Natürlich auf richtige Polung achten.


----------



## NaabMäx (30. Januar 2018)

*AW: Mercury Anlasser dreht falschrum?*

Anlasser so lassen, das Boot andersrum anbauen.

Was wurde am Boot / Anlasser gemacht?


----------



## Dorsch_Freak (31. Januar 2018)

*AW: Mercury Anlasser dreht falschrum?*

Moin, 

Also wie gesagt, seit dem ich das letzte Mal auf dem Wasser war, wurde rein gar nichts gemacht, nicht mal die Batterie geladen. Habe die jetzt mal falschrum angeschlossen, dann dreht der Anlasser zwar richtig. Aber das Antriebsrad zieht trotzdem nicht hoch.
Habe mal Fotos gemacht.


----------



## u-see fischer (31. Januar 2018)

*AW: Mercury Anlasser dreht falschrum?*

Damit das Zahnrad des Anlassers in das Zahnrad für den Motorantrieb einklinkt, wird das Zahnrad mittels eines Elektromagnet angehoben.

 Dieses Maget sitzt entweder fest (Oxidation) oder ist defekt. Mal mit einem kleinen Hammer und Schraubendreher auf den Anlasser klopfen, damit der Magetschalter sich wieder löst. Wenn Erfolglos ausbauen und reinigen (Wenn möglich, keine Ahnung ob man den öffnen kann) ansonsten Anlasser austauschen.

 PS. Glaube nicht, dass der Anlasser bei richtig gepolter Batterie falschrum dreht.


----------



## Gelöschtes Mitglied 150887 (31. Januar 2018)

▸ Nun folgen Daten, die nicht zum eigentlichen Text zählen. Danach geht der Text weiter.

//! What is true of the ranges that a feed gives, whatever it was told before. Each function stands for
//! the law that its contract states; a call of it does nothing. Inputs are listed
//! oldest first.
ghost use Rattle.std.specs.Prelude.{◌≡◌, ◌+◌, ◌<◌, ◌≤◌, ℕ, List, [], ◌∷◌, All};
ghost use Rattle.std.specs.List.{flat_map, range_with_len};
ghost use Rattle.xfs_base.specs.declared.block.BlockId.{BlockId};
ghost use Rattle.xfs_base.specs.declared.entry.Entry.{Entry};
ghost use Rattle.xfs_base.specs.Blocks.{slot_of};
ghost use Rattle.xfs_base.specs.Limits.{slot_count};
ghost use Rattle.delta_index.specs.Entries.{first_greatest};
ghost use Rattle.delta_index.specs.Join.{join};
ghost use Rattle.delta_feed.specs.declared.input.In.{In};
ghost use Rattle.delta_feed.specs.declared.input.In.TheVariants.{Push, Tick};
ghost use Rattle.delta_feed.specs.declared.output.Out.TheVariants.{Range};
ghost use Rattle.delta_feed.specs.FeedState.{acked_of};
ghost use Rattle.delta_feed.specs.Transition.{transition};
ghost use Rattle.delta_feed.specs.History.{state_after, end_of, filed_by, acknowledged_by, deltas_between};
ghost use Rattle.delta_feed.specs.RangeLaws.{TellsRange, IsTrueRange};

/// Each range that a feed gives tells its slot, from the first segment that the slot has not acknowledged
/// to the last that is filed, what the filed segments in it say of the slot's blocks: the rows join to
/// what those segments join to, and are of the slot's blocks alone.
pub fn ranges_tell_what_was_filed()
    ensures { (base : ℕ) (inputs : List In) (input : In) → All (IsTrueRange base inputs) (transition (state_after base inputs) input).outs }
{}

/// A slot is kept up to date: where its acknowledgement is below the end, a push gives a range.
pub fn push_tells_what_is_lacking()
    ensures { (base : ℕ) (inputs : List In) (slot : ℕ) → slot < slot_count → acknowledged_by base slot inputs < end_of base inputs
        → (rows : List (BlockId × Entry))
        × ((transition (state_after base inputs) (Push slot)).outs ≡ Range slot (acknowledged_by base slot inputs + 1) (end_of base inputs) rows ∷ []) }
{}

/// A slot that has all is told nothing.
pub fn push_tells_nothing_known()
    ensures { (base : ℕ) (inputs : List In) (slot : ℕ) → slot < slot_count → end_of base inputs ≤ acknowledged_by base slot inputs
        → (transition (state_after base inputs) (Push slot)).outs ≡ [] }
{}

/// A tick gives what a push of each slot in order gives.
pub fn tick_pushes_each_slot()
    ensures { (base : ℕ) (inputs : List In)
        → (transition (state_after base inputs) Tick).outs ≡ flat_map (λ slot. (transition (state_after base inputs) (Push slot)).outs) (range_with_len 0 slot_count) }
{}

/// A feed answers of a slot the greatest acknowledgement since the slot's last new epoch, or its base
/// where none is above it.
pub fn acknowledgements_are_kept()
    ensures { (base : ℕ) (inputs : List In) (slot : ℕ) → slot < slot_count → acked_of (state_after base inputs) slot ≡ acknowledged_by base slot inputs }
{}

/// A manager that knows what the filed segments up to some number say of a block, and takes a range that
/// begins no later than the next number and ends no earlier, then knows what the filed segments up to the
/// range's end say: a range that is repeated or overlaps what is known adds just what is new.
pub fn ranges_extend_what_is_known()
    ensures { (base : ℕ) (inputs : List In) (slot first upto : ℕ) (rows : List (BlockId × Entry)) → TellsRange base inputs slot first upto rows
        → (applied : ℕ) (block : BlockId) → slot_of block.ino.0 ≡ slot → first ≤ applied + 1 → applied ≤ upto
        → first_greatest (join (deltas_between (base + 1) applied (filed_by base inputs)) block) (join rows block)
        ≡ join (deltas_between (base + 1) upto (filed_by base inputs)) block }
{}
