//! What a feed takes.
use xfs_base::{BlockId, Crosses, Entry, List};

/// What a feed takes. Slots are 0 to 7; an input that names a greater one changes nothing and gives
/// nothing.
#[derive(Drop)]
pub enum In {
    /// A segment is settled. One whose number is not above the base and above all that the feed took
    /// before changes nothing.
    Settled {
        /// The number of the segment in its log.
        seq: u32,
        /// What it says of blocks, in its order.
        rows: List<(BlockId, Entry)>,
    },
    /// The manager of a slot has applied the log.
    Ack {
        /// The slot.
        slot: u8,
        /// The number of the last segment that it has applied.
        applied: u32,
    },
    /// A slot has a new manager, that may know no more than the base.
    NewEpoch {
        /// The slot.
        slot: u8,
    },
    /// Tell a slot what it has not acknowledged, if there is anything.
    Push {
        /// The slot.
        slot: u8,
    },
    /// Tell each slot, in order, what it has not acknowledged.
    Tick,
}

impl Crosses for In {}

*AW: Mercury Anlasser dreht falschrum?*



Dorsch_Freak schrieb:


> Moin,
> 
> Also wie gesagt, seit dem ich das letzte Mal auf dem Wasser war, wurde rein gar nichts gemacht, nicht mal die Batterie geladen. Habe die jetzt mal falschrum angeschlossen, dann dreht der Anlasser zwar richtig. Aber das Antriebsrad zieht trotzdem nicht hoch.
> Habe mal Fotos gemacht.



Ruf mal Cyrus Kegel 04508/777 77 10 an, ich vermute der Magnetschalter ist defekt oder die Mechanik verharzt.

Mit etwas Glück bekommst du bei Ihm einen Repsatz.

Edit der U-see fischer war wohl schneller, dem stimme ich zu


----------



## NaabMäx (31. Januar 2018)

*AW: Mercury Anlasser dreht falschrum?*

Hast du es mit einer vollen Battertie oder überbrücken schon mal probiert?
Evtl. reicht nur der Saft nicht.

Niemals die Batterie andersrum anschießen. Nur prüfen, ob geladen und richtig angeschlossen.  *Wenn beides o.k., kann es an dem nicht liegen.*  (Kurzer > Spritleckage > juchu Silvester). 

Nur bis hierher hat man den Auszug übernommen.